History of Cement Tiles

Cement, pigment, water, time, and a lot of patience. Whoever has this in abundant, could theoretically make a decorated cement tile. That is precisely what the Moors used to use ten centuries ago, and in the same method is still used in cement tile factories today. The production technology and the cement itself have developed in time and been perfected in the course, but the basic method is still the same traditional and environmentally friendly craftsmanship.

Europeans have learned the technique of making cement tiles with colourful decorations and patterns from the Moors. By pouring coloured marble powder into a mould, and pouring cement over it, and then compress it well, a tile is created that is suitable for floors and walls.

From the eighth century onward: numerous multi-coloured tiles
I
n 711, the Moors invade Spain. Several decades later, they conquer the whole of Spain and southern Portugal. They introduce Islam, and a high standing Moorish-Spanish culture develops. Especially in architecture, the many centuries of domination by the Moors is clearly visible, especially in cities like Córdoba, Seville, Granada and Malaga. The Alhambra Palace in Granada is one of the finest examples of Moorish-Arab architecture in Europe. The walls of this building are beautifully decorated with numerous multi-coloured tiles.

Fifteenth century: fallen from grace
After the Moors are finally expelled from Spain in 1492, the decorated coloured cement tiles fall from grace. This will only change when in the nineteenth century numerous archaeological finds in Europe’s encourage interest in ancient civilisations and cultures. One of these cultures is the early Arab culture. In Islamic architecture of that time, we see a lot of vibrant colours and patterns and designs based on geometry, calligraphy, flowers and plants. The basis of these designs is adopted by new designers in the Mediterranean, and often slightly adapted to each country’s own cultural flavour.

Art Nouveau: heyday
At the end of the nineteenth century, the use of cement tiles is especially popular among the high society of Barcelona. It is the heyday of Art Nouveau, and Barcelona plays a big role with Antonio Gaudí as the great predecessor in the field of design and architecture. Like other architects and designers, Gaudí also designed his own cement tiles; apple green hexagonal tiles, which he used for the interior of the Casa Mila in Barcelona. Cement tiles are increasingly popular during this period, first in the rest of Spain and then in other southern European countries.

Twentieth century: popular flooring
At the beginning of the twentieth century’s, cement tile are the most popular flooring in the Mediterranean region: North Africa, France, Spain, Portugal and Italy. From here, the tiles are spread to the former European colonies, and eventually they can be found all over the world. This heyday only comes to an end in the fifties of the last century, when more and more industrial and cheaper products become available, and people switch to granite or ceramic or plastic tiles.

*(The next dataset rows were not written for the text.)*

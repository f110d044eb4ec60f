//! Events.

ghost use Rattle.std.specs.Prelude.{◌≡◌, true};
ghost use Rattle.zs_event_lines.specs.Laws.{are_typed};
ghost use Rattle.zs_event_lines.specs.Lines.{line_of};

use crate::messages::type_message;
use crate::parts::{
    type_inquiry, type_key, type_moment, type_number, type_some_moment, type_some_number,
    type_update, type_value,
};
use crate::symbols::type_text;
use zs_events::Event;

/// Looks at an event. Nothing comes of it but that its fields are known to hold what their types say: so what is printed of
/// whatever event a program holds is read as that event.
#[tactic(auto, unfolding(zs_event_lines::specs::Sayable::is_typed))]
pub fn type_event(event: &Event)
    ensures { are_typed (line_of event.now) ≡ true }
{
    match event {
        Event::Key { key } => type_key(key),
        Event::UndeclareKey { key } => type_key(key),
        Event::Sub { key, .. } => type_key(key),
        Event::Pub { key, settings } => {
            type_key(key);
            type_text(&settings.get().encoding);
        }
        Event::Queryable { key, .. } => type_key(key),
        Event::Querier { key, settings } => {
            type_key(key);
            type_some_moment(settings.timeout);
        }
        Event::Listen { id, .. } => type_number(*id),
        Event::Status { id, .. } => type_number(*id),
        Event::Token { key } => type_key(key),
        Event::Lsub { key, .. } => type_key(key),
        Event::Undeclare { id, .. } => type_number(*id),
        Event::Background { id, .. } => type_number(*id),
        Event::Publish { key, update, .. } => {
            type_key(key);
            type_update(update.get());
        }
        Event::PublishBy { id, update } => {
            type_number(*id);
            type_update(update.get());
        }
        Event::CancelToken => {}
        Event::Cancel {
            cancellation_token: token,
        } => type_number(*token),
        Event::Get {
            key,
            settings,
            inquiry,
            ..
        } => {
            type_key(key);
            type_some_moment(settings.timeout);
            type_inquiry(inquiry.get());
        }
        Event::QuerierGet { id, inquiry, .. } => {
            type_number(*id);
            type_inquiry(inquiry.get());
        }
        Event::LivelinessGet {
            key,
            timeout,
            cancellation_token,
            ..
        } => {
            type_key(key);
            type_some_moment(*timeout);
            type_some_number(*cancellation_token);
        }
        Event::Reply {
            value,
            key,
            update,
            ..
        } => {
            type_number(*value);
            type_key(key);
            type_update(update.get());
        }
        Event::ReplyErr { value, error } => {
            type_number(*value);
            type_value(error.get());
        }
        Event::Share { value } => type_number(*value),
        Event::Finish { value } => type_number(*value),
        Event::Tick { now } => type_moment(*now),
        Event::Close => {}
        Event::Net(message) => type_message(message.get()),
    }
}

Twentieth century: back to basics
Now, at the beginning of the twenty-first century, the demand for authentic and sustainable products is increasing. And hence, also the demand for cement tiles, which are known in the Netherlands under the name Portuguese tiles, cement tiles or mosaic tiles. The renewed enthusiasm for this ‘green’ product may be interpreted as a reaction to the current technological era, in which industrially produced materials are often a strain on the environment. During the production of cement tiles, no heating is involved. The materials used are environmentally friendly and sustainable, just like many centuries ago. That’s why more and more professional designers and consumers like to use cement tiles as a high quality and decorative element. They are reminiscent of times gone by, full of beauty and exclusivity.